Wednesday 21 January 2009

My Favorite ID Texts

*Due to the horrendous formatting issues with blogger, and my long list of books, I will be doing two more entries :)

I have been reading Mary V. Knackstedt's book "The Challenge of Interior Design", and really enjoying it. Since she has been in business for over 30 years, you would think she is not very forward thinking, but to the contrary! She looks to the future of the industry, and what that means to us as growing firms.

This got me thinking about all of the great books we used in school, like my favorite, "Shaping Interior Space" by Roberto J. Rengel, or any or Francis Ching's books.

Here are some of my favorite reference books:

Shaping Interior Space- Roberto J Rengel

If you only read the first chapter of this book, you would get allot out of it. The reviews at the end of every chapter bring all the information together well, and if I had an hour or so, I would read just those.
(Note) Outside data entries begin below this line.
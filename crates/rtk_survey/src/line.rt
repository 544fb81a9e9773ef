//! A line of a summary with a number or a count.
//!
//! If memory is refused, a first part of what is put may stand there.

ghost use Rattle.std.specs.Prelude.{◌≡◌, ◌++◌, OnOk};
ghost use Rattle.rtk_survey.specs.SummaryText.{number_line, counted_line, numbered_line};

use rtk_message::put_named;
use std::alloc::AllocError;

/// Appends words and a number as a line.
pub(crate) fn put_line(lines: &mut Vec<u8>, words: &[u8], number: u64) -> Result<(), AllocError>
    ensures { OnOk result (lines.new.items ≡ lines.old.items ++ number_line words.now number) }
{
    put_named(lines, words, number)?;
    lines.push(b'\n')?;
    Ok(())
}

/// Appends words and a count as a line; a count of 0 has none.
pub(crate) fn put_counted(lines: &mut Vec<u8>, words: &[u8], count: u64) -> Result<(), AllocError>
    ensures { OnOk result (lines.new.items ≡ lines.old.items ++ counted_line words.now count) }
{
    if count == 0 {
        return Ok(());
    }
    put_line(lines, words, count)
}

/// Appends words, a number and its count as a line; a count of 0 has none.
pub(crate) fn put_numbered(
    lines: &mut Vec<u8>,
    words: &[u8],
    number: u64,
    count: u64,
) -> Result<(), AllocError>
    ensures { OnOk result (lines.new.items ≡ lines.old.items ++ numbered_line words.now number count) }
{
    if count == 0 {
        return Ok(());
    }
    put_named(lines, words, number)?;
    put_line(lines, b" ", count)
}
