//! The satellites and the codes that have a value.

ghost use Rattle.std.specs.Prelude.{◌≡◌, ◌<◌, ◌==◌, ◌&&◌, ◌||◌, List, ℕ, false, [], ◌∷◌, ◌++◌, length, get_or};
ghost use Rattle.std.specs.List.{list_any};
ghost use Rattle.rtk_obs.specs.declared.cell.CellEntry.{CellEntry};
ghost use Rattle.rtk_survey.specs.Proposal.{entry_has_value};
ghost use Rattle.rtk_survey.specs.Contents.{HasCodes, HasSignals};
ghost use Rattle.rtk_survey.specs.Tracing.{has_value};

use rtk_obs::{Cell, CellEntry};

/// How many places the codes have: `Code::place` is below it.
pub(crate) const CODES: usize = 16;

/// How many places the satellites have: none has the number 0.
pub(crate) const SATELLITES: usize = 33;

/// Which codes have a value in some cell.
#[derive(Clone, Copy)]
pub struct Codes {
    /// By the place of the code.
    pub marks: [bool; CODES],
}

/// Which satellites and codes have a value in some cell.
#[derive(Clone, Copy)]
pub struct Signals {
    /// By satellite.
    pub satellites: [bool; SATELLITES],
    pub codes: Codes,
}

/// A cell has a range, a phase or a strength.
pub fn has_value(cell: &Cell) -> bool
    ensures { result ≡ has_value cell.now }
{
    cell.range_mm.is_some() || cell.phase_millicycles.is_some() || cell.strength_millidbhz.is_some()
}

/// Marks a place, if its cell has a value.
pub(crate) fn mark(marks: &mut [bool], place: usize, has_value: bool)
    ensures size { length marks.new ≡ length marks.old }
    ensures marked { (n : ℕ) → n < length marks.old
        → get_or marks.new n false ≡ ((has_value && (place == n)) || get_or marks.old n false) }
{
    if has_value && place < marks.len() {
        marks[place] = true;
    }
}

/// Some cell has a value.
pub fn have_value(entries: &[CellEntry]) -> bool
    ensures { result ≡ list_any entry_has_value entries.now }
{
    entries.iter().any(|entry| has_value(&entry.cell))
}

impl Codes {
    /// Nothing has a value.
    pub fn new() -> Codes
        ensures { HasCodes result [] }
    {
        Codes {
            marks: [false; CODES],
        }
    }

    fn mark_code(&mut self, entry: &CellEntry)
        ensures { (es : List CellEntry) → HasCodes self.old es → HasCodes self.new (entry.now ∷ es) }
    {
        mark(&mut self.marks, entry.code.place(), has_value(&entry.cell));
    }

    /// The codes with a value in these cells.
    pub fn of(entries: &[CellEntry]) -> Codes
        ensures { HasCodes result entries.now }
    {
        let mut codes = Codes::new();
        for entry in entries {
            codes.mark_code(entry);
        }
        codes
    }

    /// The codes of more cells.
    pub fn join(&mut self, more: &Codes)
        ensures { (xs es : List CellEntry) → HasCodes more.now xs → HasCodes self.old es
            → HasCodes self.new (xs ++ es) }
    {
        for place in 0..CODES {
            self.marks[place] |= more.marks[place];
        }
    }
}

impl Signals {
    /// Nothing has a value.
    pub fn new() -> Signals
        ensures { HasSignals result [] }
    {
        Signals {
            satellites: [false; SATELLITES],
            codes: Codes::new(),
        }
    }

    fn mark_entry(&mut self, entry: &CellEntry)
        ensures { (es : List CellEntry) → HasSignals self.old es → HasSignals self.new (entry.now ∷ es) }
    {
        mark(
            &mut self.satellites,
            usize::from(entry.satellite),
            has_value(&entry.cell),
        );
        self.codes.mark_code(entry);
    }

    /// Marks the satellites and codes of more cells.
    pub fn mark_entries(&mut self, entries: &[CellEntry])
        ensures { (es : List CellEntry) → HasSignals self.old es → HasSignals self.new (entries.now ++ es) }
    {
        for entry in entries {
            self.mark_entry(entry);
        }
    }
}
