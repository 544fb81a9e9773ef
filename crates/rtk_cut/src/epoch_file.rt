//! What is asked of a file of which a part is written, of GPS or of any systems.

ghost use Rattle.std.specs.Prelude.{◌≡◌, ◌<◌, ℕ, Bool, true, false, List, [], IfOk, IfSome, MatchOption};
ghost use Rattle.rtk_rinex.specs.Record.{EpochTableView};
ghost use Rattle.rtk_cut.specs.Cut.{Step, cut_epoch};
ghost use Rattle.rtk_cut.specs.Steps.FileTexts.{FileTexts, IsNextIn};
ghost use Rattle.rtk_cut.specs.Steps.Pending.{StandsForSlips, NotesSlips, ClearsSlips, ShowsSlipsIn};

use rtk_obs::GpsMs;
use std::alloc::{AllocError, Global};

/// A file that is read record by record, with the slips that are still to be shown: of each satellite and
/// code, whether its phase has slipped since it stood in a record on the step.
pub(crate) trait EpochFile {
    /// A record that was read.
    type Record: Drop;

    /// The texts of the file.
    ghost texts: { Self → FileTexts };

    /// The marks of the slips that are still to be shown.
    ghost marks: { Self → List Bool };

    /// These are the epochs whose records are left.
    ghost AreLeft: { Self → List EpochTableView → Type 0 };

    /// How much is left.
    ghost size: { Self → ℕ };

    /// The record is that of this epoch.
    ghost IsRecordOf: { Self → Self.Record → EpochTableView → Type 0 };

    /// A record was shown.
    ghost HasShown: { Self → Type 0 };

    /// The record, which was shown last, is shown as this epoch.
    ghost IsShownAs: { Self → Self.Record → EpochTableView → Type 0 };

    /// Returns the next record.
    fn next(&mut self) -> Option<Self::Record>
        ensures next { (epochs : List EpochTableView) → AreLeft self.old epochs
            → MatchOption result (epochs ≡ []) (λ record_read. IsNextIn (AreLeft self.new) (IsRecordOf self.new record_read) epochs) }
        ensures less { IfSome result (λ record_read. size self.new < size self.old) }
        ensures texts { texts self.new ≡ texts self.old }
        ensures marks { marks self.new ≡ marks self.old };

    /// Returns the moment of a record.
    fn time(&self, read: &Self::Record) -> GpsMs
        ensures { (e : EpochTableView) → IsRecordOf self.now read.now e → result ≡ e.time };

    /// Returns the text of a record.
    fn text<'r>(&self, read: &'r Self::Record) -> &'r [u8]
        ensures { (e : EpochTableView) → IsRecordOf self.now read.now e → result.now ≡ (texts self.now).record_of e };

    /// Marks the slips of a record that is not on the step.
    fn note(&mut self, read: &Self::Record)
        ensures slips { (e : EpochTableView) → IsRecordOf self.old read.now e → NotesSlips (marks self.old) (marks self.new) e }
        ensures left { (epochs : List EpochTableView) → AreLeft self.old epochs → AreLeft self.new epochs }
        ensures size { size self.new ≡ size self.old }
        ensures texts { texts self.new ≡ texts self.old };

    /// Shows a record that is on the step with each slip that is still to be shown. Does it show a slip
    /// that the record itself does not have?
    fn show(&mut self, read: &Self::Record) -> bool
        ensures slips { (e : EpochTableView) → IsRecordOf self.old read.now e → ClearsSlips (marks self.old) (marks self.new) e }
        ensures shown { (e : EpochTableView) → IsRecordOf self.old read.now e → (step : Step) (earlier : List EpochTableView)
            → StandsForSlips (marks self.old) step earlier → IsShownAs self.new read.now (cut_epoch step earlier e) }
        ensures same { result ≡ false → (e : EpochTableView) → IsRecordOf self.old read.now e → ShowsSlipsIn (marks self.old) e e }
        ensures has_shown { HasShown self.new }
        ensures own { (e : EpochTableView) → IsRecordOf self.old read.now e → IsRecordOf self.new read.now e }
        ensures left { (epochs : List EpochTableView) → AreLeft self.old epochs → AreLeft self.new epochs }
        ensures size { size self.new ≡ size self.old }
        ensures texts { texts self.new ≡ texts self.old };

    /// Makes the text of the record that was shown last.
    fn shown_text(&self, alloc: Global, read: &Self::Record) -> Result<Vec<u8>, AllocError>
        requires { HasShown self.now }
        ensures { IfOk result (λ text. (e : EpochTableView) → IsShownAs self.now read.now e → text.items ≡ (texts self.now).record_of e) };

    /// Makes the header with this first time.
    fn header(&self, alloc: Global, first: GpsMs) -> Result<Vec<u8>, AllocError>
        ensures { IfOk result (λ text. text.items ≡ (texts self.now).header first) };

    /// Returns the moment of the first observation of the file.
    fn first(&self) -> GpsMs
        ensures { result ≡ (texts self.now).first };
}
A quote from LeCorbusier's "Towards a New Architecture" (Dover Publications: New York, 1968) from that first chapter reads:

"You employ stone, wood and concrete, and with those materials you build houses and palaces. That is construction. Ingenuity is at work...
But suppose that walls rise towards heaven in such a way that I am moved. I perceive your intentions. Your mood has been gentle, brutal, charming , or noble. The stones you have erected tell me so. You fix me to the place and my eyes regard it. They behold something that expresses a thought. A thought that reveals itself without word or sound, but solely by means of shapes which stand in a certain relationship to one another. These shapes are such that they are clearly revealed in the light. The relationships between them have not necessarily any reference to what is practical or descriptive. They are a mathematical creation of your mind. They are the language of Architecture. By the use of raw materials and starting from conditions more or less utilitarian, you have established certain relationships which have aroused my emotions"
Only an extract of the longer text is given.